UBC Okanagan engineers develop airflow device to capture indoor airborne pathogens

With winter approaching and people spending more time indoors, the quality of the air they breathe becomes increasingly important, especially during cold and flu season. Researchers at UBC Okanagan are examining a new air‑cleaning device that can capture airborne pathogens, offering a potential new tool for reducing the spread of respiratory diseases in enclosed spaces.

The team of mechanical engineers, who work with UBC’s Airborne Disease Transmission Research Cluster, has developed an induction‑removal, or “jet‑sink,” airflow concept that is intended to redirect airflow around occupants and draw contaminated particles into a localized purification zone before they circulate through the room.

Study co‑author Dr. Sunny Li, a professor in the School of Engineering, says traditional efforts to lower infection risk often focus on upgrading a building’s ventilation to manage large‑scale airflow. Personalized ventilation systems, such as those used on passenger airplanes, direct clean air toward individuals from a fixed distance but require people to remain in position and can cause discomfort from the constant air stream, including dry eyes and skin. “Ensuring high air quality while indoors is crucial for mitigating the transmission of airborne disease, particularly in shared environments,” Dr. Li says. “Many Canadians spend nearly 90 per cent of their time inside, making indoor air quality a critical factor for health and wellbeing.”

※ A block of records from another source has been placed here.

//! A line with a mark below a part of it.

use gs_script::Marked;
use std::alloc::AllocError;

/// The most bytes that are shown before what is marked, of it, and behind it.
const MOST_SHOWN: usize = 60;

/// What stands for bytes that are left out.
const LEFT_OUT: &str = "...";

/// Writes bytes, with `?` for each that may not stand in a script.
fn write_bytes(text: &mut String, bytes: &[u8]) -> Result<(), AllocError> {
    for byte in bytes {
        let shown = if 32 <= *byte && *byte <= 126 {
            *byte
        } else {
            b'?'
        };
        text.push(char::from(shown))?;
    }
    Ok(())
}

/// Writes a character so many times.
fn write_many(text: &mut String, one: char, count: usize) -> Result<(), AllocError> {
    for _time in 0..count {
        text.push(one)?;
    }
    Ok(())
}

/// Writes the last of bytes, and returns how many columns that are.
fn write_last(text: &mut String, bytes: &[u8]) -> Result<usize, AllocError> {
    if bytes.len() <= MOST_SHOWN {
        write_bytes(text, bytes)?;
        return Ok(bytes.len());
    }
    text.push_str(LEFT_OUT)?;
    write_bytes(text, &bytes[bytes.len() - MOST_SHOWN..])?;
    Ok(MOST_SHOWN + LEFT_OUT.len())
}

/// Writes the first of bytes, and returns how many columns that are.
fn write_first(text: &mut String, bytes: &[u8]) -> Result<usize, AllocError> {
    let (first, rest) = bytes.split_at(bytes.len().min(MOST_SHOWN));
    write_bytes(text, first)?;
    if rest.is_empty() {
        return Ok(first.len());
    }
    text.push_str(LEFT_OUT)?;
    Ok(MOST_SHOWN + LEFT_OUT.len())
}

/// Where a mark stands below a line, in columns.
#[derive(Clone, Copy)]
struct Columns {
    before: usize,
    marked: usize,
}

/// Writes the parts of a line, and returns where the mark stands. If nothing is marked, it is a column behind the last
/// word.
fn write_parts(text: &mut String, mark: &Marked<'_>) -> Result<Columns, AllocError> {
    let before = write_last(text, mark.front)?;
    if mark.word.is_empty() {
        return Ok(Columns {
            before: before.min(MOST_SHOWN + LEFT_OUT.len()) + 1,
            marked: 1,
        });
    }
    let marked = write_first(text, mark.word)?;
    write_first(text, mark.behind)?;
    Ok(Columns { before, marked })
}

/// Writes the margin of a line without a number.
pub(crate) fn write_margin(text: &mut String, width: usize) -> Result<(), AllocError> {
    write_many(text, ' ', width)?;
    text.push(' ')
}

/// Writes the line of a number, and marks a part of it. The text of the mark is to follow.
pub(crate) fn write_line(
    text: &mut String,
    number: &str,
    mark: &Marked<'_>,
) -> Result<(), AllocError> {
    let width = number.len().min(MOST_SHOWN);
    write_margin(text, width)?;
    text.push_str("|\n")?;
    text.push_str(number)?;
    text.push_str(" | ")?;
    let Columns { before, marked } = write_parts(text, mark)?;
    text.push('\n')?;
    write_margin(text, width)?;
    text.push_str("| ")?;
    write_many(text, ' ', before)?;
    write_many(text, '^', marked)
}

Postdoctoral researcher Dr. Mojtaba Zabihi, the study’s first author, says variations in room layouts and existing heating, ventilation and air‑conditioning systems make it challenging to implement uniform upgrades, which underscores the value of personalized ventilation options. “We wanted to develop an innovative system that prevents occupants from inhaling contaminated air while allowing them to use a personalized ventilation system comfortably for extended periods,” he explains.

Unlike conventional personalized ventilation systems that rely on fast‑moving air streams which can lose effectiveness when users move, the new design aims to capture exhaled aerosols before they disperse. “Our design combines comfort with control,” Dr. Zabihi says. “It creates a targeted airflow that traps and removes exhaled aerosols almost immediately—before they have a chance to spread.”

According to the team’s study, published in Building and Environment (2025; 286: 113569, DOI: 10.1016/j.buildenv.2025.113569), the researchers used computer simulations to model breathing, body heat and airflow during a 30‑minute consultation scenario and compared the new system with standard personal and room‑level ventilation. The simulations indicated that the device reduced the probability of infection to 9.5 per cent, compared with 47.6 per cent for a typical personalized setup, 38 per cent for a personal ventilation system with an exhaust design and 91 per cent under standard room ventilation.

When positioned optimally in the modelled scenario, the device prevented pathogen inhalation for the first 15 minutes of exposure. Only 10 particles out of 540,000 released in the simulation were estimated to reach another person, and the system removed up to 94 per cent of airborne pathogens.

Co‑author Dr. Joshua Brinkerhoff says these findings highlight how airflow engineering, in addition to filtration, can improve indoor air quality and occupant safety. “Traditional personalized ventilation systems can’t adapt when people move or interact,” he notes. “It’s a smart, responsive solution for spaces like clinics, classrooms or offices where close contact is unavoidable.”

The researchers say future work will focus on refining the design for larger rooms and testing physical prototypes in clinical and public settings. As a member of Canada’s National Model Codes Committee on Indoor Environment, Dr. Zabihi hopes the research will eventually help inform ventilation standards aimed at making indoor spaces safer and healthier.